DvCHS1 (Supplementary Table S7 at JXB online), DvCHI (Supplemenary Table S8), DvF3H (Supplementary Table S9), and DvDFR (Supplementary Table S10) cDNA sequences isolated from MJOr and MJY ray florets were determined and the number of different sequences expressed in both lines was determined on the basis of SNPs. Based on sequence analysis of transcripts, 17 and 15 sequences of DvCHI (Supplementary Table S8), nine and 12 sequences of DvF3H (Supplementary Table S9), and nine and eight sequences of DvDFR (Supplementary Table S10) were observed in MJOr and MJY, respectively. Because drastic differences were not observed in the number of sequences expressed in both lines, whole copies were assumed to be suppressed in MJY. However, 12 different sequences of DvCHS1 were detected in MJOr, while only one sequence was detected in MJY (Supplementary Table S7). At least three major transcripts (DvCHS1 type 1, 2, and 4) were detected in MJOr, while only one transcript (DvCHS1 type 4) was detected in MJY (Supplementary Table S7). The genomic fragments of DvCHS1 were isolated and it was observed that not only MJOr and MJW, but also MJY has DvCHS1 genes that have coding sequences identical to these three major transcripts (Supplementary Tables S11, S12).

Characterization of DvIVS

The full-length DvIVS cDNA was 2483 bp containing a 649 amino acid open reading frame (ORF). The DvIVS ORF retained the bHLH domain at 472–530 amino acids (Fig. 4A). BLASTP search (http://blast.ncbi.nlm.nih.gov/Blast.cgi) revealed that the deduced amino acid sequence was 48% identical to InIVS (I. nil), 50% identical to An1 (Petunia hybrida), and 48% identical to AtTT8 (Arabidopsis thaliana). To compare genetic distance among the bHLH proteins associated with anthocyanin synthesis in higher plants, a phylogenetic tree was constructed. The phylogenetic tree showed that DvIVS belonged to the An1 subgroup (Fig. 4B).

Fig. 4.
Phylogenetic analysis of DvIVS. (A) Amino acid comparison of the bHLH domain of DvIVS, InIVS, PhAN1, and AtTT8. Numbers (*) indicate amino acids that are fully conserved in each of the proteins. (B) Phylogenetic tree for bHLH transcription factors associated ...

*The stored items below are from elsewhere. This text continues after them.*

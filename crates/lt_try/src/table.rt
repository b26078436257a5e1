//! What is a table whose callers never wait, and how does a call make one key step? Read next `src/requests.rt`.
ghost use Rattle.std.specs.Prelude.{◌≡◌, ◌≤◌, ◌<◌, IfOk, IfErr, OnErr, IfSome};
ghost use Rattle.lt_entry.specs.Ranges.{NamesNumber};
ghost use Rattle.lt_words.specs.History.{shard_of};
ghost use Rattle.lt_words.specs.Row.{awoken};
ghost use Rattle.lt_walk.specs.Reported.{ReportsCall};
ghost use Rattle.lt_try.specs.Slots.{IsInShard};
ghost use Rattle.lt_try.specs.Refused.{RefusesCallWith};

use crate::error::TryError;
use crate::slot::{Inside, ShardSlot};
use lt_ids::Key;
use lt_rules::{Call, KeyTable};
use lt_shard::{Answer, EmptyTables, Shard};
use lt_walk::{Config, KeySteps};
use lt_words::{Book, Keeping, Pass, Waker, shard_of};
use std::marker::Model;

/// A lock table that callers share, and whose calls never wait. `T` keeps the records of a shard's keys, `M` makes empty
/// tables, and `W` is called for each let.
#[derive(Drop)]
pub struct TryTable<T: KeyTable, M: EmptyTables<T>, W: Waker = ()> {
    pub(crate) config: Config,
    pub(crate) book: Book,
    pub(crate) slots: Vec<ShardSlot<T>>,
    pub(crate) tables: M,
    pub(crate) waker: W,
}

impl<T: KeyTable, M: EmptyTables<T>, W: Waker> Model for TryTable<T, M, W> {
    ghost use Rattle.std.specs.Prelude.{◌≡◌, length};
    ghost use Rattle.lt_walk.specs.Configs.{IsOpened};
    ghost use Rattle.lt_try.specs.Tags.{TableState, AreTags};

    ghost Value = { TableState };

    ghost view = { λ t. record { config = t.config; of = t.book } };

    ghost invariant = { λ t.
        IsOpened t.config t.book × (length t.slots.items ≡ t.book.shards)
        × AreTags t.book t.config.max_steps t.slots.items };
}

/// Makes the call at the key, which is in this shard. The pass has then still to wake whom the step let through.
#[inline(always)]
fn step_inside<T: KeyTable + Drop, M: EmptyTables<T>>(
    shard: &mut Shard<T>,
    tables: &M,
    book: &Book,
    pass: &mut Pass,
    key: &Key,
    call: &Call,
) -> Result<Answer, TryError>
    requires book { book.now ≡ shard.old.front.of }
    requires pass { pass.old.of ≡ book.now }
    requires shard { shard.old.index ≡ shard_of key.now book.now.shards }
    requires number { NamesNumber call.now }
    ensures ok { IfOk result (λ a. ReportsCall pass.old (awoken pass.new) key.now call.now a) }
    ensures err { OnErr result (pass.new ≡ pass.old) }
    ensures refused { IfErr result (λ e. RefusesCallWith book.now.keeping call.now e) }
    ensures of { shard.new.front.of ≡ shard.old.front.of }
    ensures index { shard.new.index ≡ shard.old.index }
    ensures max_steps { shard.new.max_steps ≡ shard.old.max_steps }
{
    match shard.step_once(tables, book, pass, key, call) {
        Ok(answer) => Ok(answer),
        Err(error) => Err(TryError::from(error)),
    }
}

impl<T: KeyTable + Drop, M: EmptyTables<T>, W: Waker> TryTable<T, M, W> {
    /// How many shards the table has, from 1 to 64.
    pub fn shards(&self) -> usize
        ensures { result ≡ self.now.of.shards }
    {
        self.slots.len()
    }

    /// The shard of a key, from 0: the sum of the key's bytes modulo the number of shards.
    pub fn shard_of(&self, key: &Key) -> usize
        ensures shard { result ≡ shard_of key.now self.now.of.shards }
        ensures below { result < self.now.of.shards }
    {
        shard_of(key, self.slots.len())
    }

    /// How many passes the table has, from 1 to 1024.
    pub fn passes(&self) -> usize
        ensures passes { result ≡ self.now.config.passes }
        ensures same { result ≡ self.now.of.passes }
        ensures few { result ≤ 1024 }
    {
        self.config.passes
    }

    /// How the table keeps its steps.
    pub fn keeping(&self) -> Keeping
        ensures { result ≡ self.now.of.keeping }
    {
        self.book.keeping()
    }

    /// Goes into the shard with this index, if no other caller is in it.
    #[inline(always)]
    pub(crate) fn enter_shard(&self, index: usize) -> Option<Inside<'_, T>>
        requires { index < self.now.of.shards }
        ensures { IfSome result (λ inside. IsInShard self.now.of self.now.config.max_steps index inside.slot.now inside.seat.me) }
    {
        let inside = self.slots[index].enter()?;
        Some(inside)
    }
}

impl<T: KeyTable + Drop, M: EmptyTables<T>, W: Waker> KeySteps for TryTable<T, M, W> {
    type Refusal = TryError;

    ghost of = { λ t. t.of };

    ghost may_refuse = { λ t call e. RefusesCallWith t.of.keeping call e };

    #[inline(always)]
    fn book(&self) -> &Book {
        &self.book
    }

    /// Makes the call at the key, if no other caller is in the key's shard.
    #[inline(always)]
    fn step(&self, pass: &mut Pass, key: &Key, call: &Call) -> Result<Answer, TryError> {
        let index = self.shard_of(key);
        let Some(mut inside) = self.enter_shard(index) else {
            return Err(TryError::Busy);
        };
        let slot = inside.slot;
        let shard = inside.seat.slot_mut(&slot.place.shared, 0);
        let answered = step_inside(shard, &self.tables, &self.book, pass, key, call);
        inside.leave();
        let answer = answered?;
        // The slot is free again, so the callers that are woken do not find it taken.
        self.book.hand_out(pass, &self.waker);
        Ok(answer)
    }
}
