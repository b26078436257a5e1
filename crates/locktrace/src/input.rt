//! How does a command read a file?
use crate::failure::{FileFault, TraceFailure, fault_of};
use std::alloc::Global;
use std::fs::{self, File, Files};
use std::io::{BufReader, Read};

/// How many bytes one read asks for.
const PIECE: usize = 1 << 16;

/// Reads through a buffer.
pub fn buffered<R: Read + Drop>(alloc: Global, input: R) -> Result<BufReader<R>, TraceFailure> {
    match BufReader::with_capacity(alloc, PIECE, input) {
        Ok(reader) => Ok(reader),
        Err(_) => Err(TraceFailure::Memory),
    }
}

/// Whether this is a file whose bytes stay after they were read, and not a pipe or a device.
pub fn is_regular<F: Files>(files: &F, name: &str) -> bool {
    match fs::metadata(files, name) {
        Ok(data) => data.is_file(),
        Err(_) => false,
    }
}

/// Opens the file. A folder is refused at once.
pub fn open<F: Files>(files: &F, name: &str) -> Result<F::File, TraceFailure> {
    match fs::metadata(files, name) {
        Ok(data) if data.is_dir() => return Err(TraceFailure::Read(FileFault::Folder)),
        _ => {}
    }
    match File::open(files, name) {
        Ok(file) => Ok(file),
        Err(e) => Err(TraceFailure::Read(fault_of(e.kind()))),
    }
}

/// A reader of the file.
pub fn open_reader<F: Files>(
    files: &F,
    alloc: Global,
    name: &str,
) -> Result<BufReader<F::File>, TraceFailure> {
    let file = open(files, name)?;
    buffered(alloc, file)
}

Analysis of the DvIVS genomic region

The DvIVS genomic region coding for full-length mRNA (AB601010) of MJOr was 8477 bp and contained nine exons and eight introns (Fig. 5A). Genomic PCR was performed to examine whether a transposable element was inserted in the DvIVS gene of MJY. An ~8.2 kb amplified product was obtained from MJOr, and an ~13.6 kb amplified product was obtained from MJY (data not shown). The 5385 bp insertion sequence (AB601009) was found in the fourth intron, 903 bp downstream of the fourth exon of the DvIVS gene of MJY. To characterize the structure of the DvIVS gene of MJW, genomic PCR was performed using the primer set IVS Full-F and IVS-G2869R. Not only the genomic fragment (8.2 kb) that should include the insertion sequence, but also a shorter fragment (2.8 kb) without the insertion sequence were detected in MJW (Fig. 5A).

Fig. 5.
Structure of the DvIVS gene. (A) Structure of the DvIVS gene and genomic PCR. Rectangles with roman figures indicate exons. The bHLH domain is located in the eighth exon. Tdv1 is inserted in the fourth intron in the antisense direction of the MJY genome. ...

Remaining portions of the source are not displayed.